EY, one of the world’s largest audit and consulting firms, is planning to split its two main business practices.
In an announcement Thursday, the company said its top leadership had decided to “separate into two distinct multidisciplinary organisations”.If the plan is approved, EY will operate as two separate companies. One will primarily perform audit work, the other will perform consulting and advisory work.
The proposed split, which has been underway for many months and has been widely discussed internally, could result in a separation between the audit and consulting work EY performs for some corporate clients. It is intended to help you avoid any conflicts of interest.
This plan will also result in significant payments to some of our partners. But the proposed split would have to be approved by his over 10,000 EY partners working in 140 countries. EY, commonly known as Ernst & Young, employs approximately 300,000 people worldwide.
In a statement on Thursday, EY said it hopes company partners will begin voting on the proposal later this year. The company may also need to obtain regulatory approval for this plan from some of the countries in which it operates.
“We believe we can embrace a changing environment, build a business that redefines the future of our profession, create exciting new opportunities and deliver greater long-term value to EY people, clients and communities. I firmly believe
One way EY will accomplish the split is by spinning off its consulting arm into a company that can apply for an initial public offering. Audit work will likely remain a private partnership.

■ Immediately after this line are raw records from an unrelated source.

// How the main thread ends.

ghost use Rattle.std.specs.Prelude.{◌≡◌};
ghost use Rattle.rb_model.specs.declared.value.Value.{Value as Held};
ghost use Rattle.rb_model.specs.Ends.{over};
ghost use Rattle.rb_walk.specs.Outcome.{outcome};
ghost use Rattle.rb_walk.specs.Ending.{ending};

use crate::came::{Came, Leave, is_left};
use rb_model::{End, Value};

/// How the thread ends whose top level came out so.
pub fn end_of(came: Came, leave: Leave) -> End
    ensures { (v : Held) → over result ≡ ending (outcome came v leave) }
{
    if !is_left(came) {
        return End::Value(Value::Nil);
    }
    match leave {
        Leave::Break | Leave::Next | Leave::Return => End::Value(Value::Nil),
        Leave::Over(end) => end,
    }
}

The proposed split comes as the Big 4 audit firms come under increasing scrutiny from US securities regulators.
In June, EY learned that hundreds of auditors had cheated on various ethics exams required to obtain or maintain a professional license, and that EY had taken sufficient steps to stop the practice. agreed to pay a $100 million fine after U.S. securities regulators discovered it was not.
Penalties paid by EY Twice as much as KPMGanother major audit firm, paid in 2019 to settle an investigation by the Securities and Exchange Commission into similar allegations of auditor misconduct in an internal training exam.
Another SEC concern is the issue of auditor independence. Regulators want to ensure that the accounting firm’s review of a company’s financial records is not undermined by other consulting, advice, or lobbying activities it may undertake on behalf of the company.
In recent years, the big four accounting firms – Deloitte, EY, KPMG and PricewaterhouseCoopers – have come under scrutiny for lobbying tax reform that has benefited corporate clients to whom they have provided both auditing and consulting services. rice field. In some cases, accounting firms hire consultants to devise tax-saving strategies for their corporate clients, while auditors are responsible for blessing their clients’ bookkeeping.
Regulators began scrutinizing the operations of accounting firms about 20 years ago. The Enron bankruptcy in 2001 put the spotlight on the role of auditor Arthur Andersen, who helped carry out an accounting fraud at energy giant Enron. Federal prosecutors later filed criminal charges against Arthur Andersen. The company no longer exists.
In the aftermath of the Enron bankruptcy and other big corporate misconduct, Congress passed legislation creating a Public Company Accounting Oversight Board. This committee is within the SEC but has its own enforcement actions against audit firms.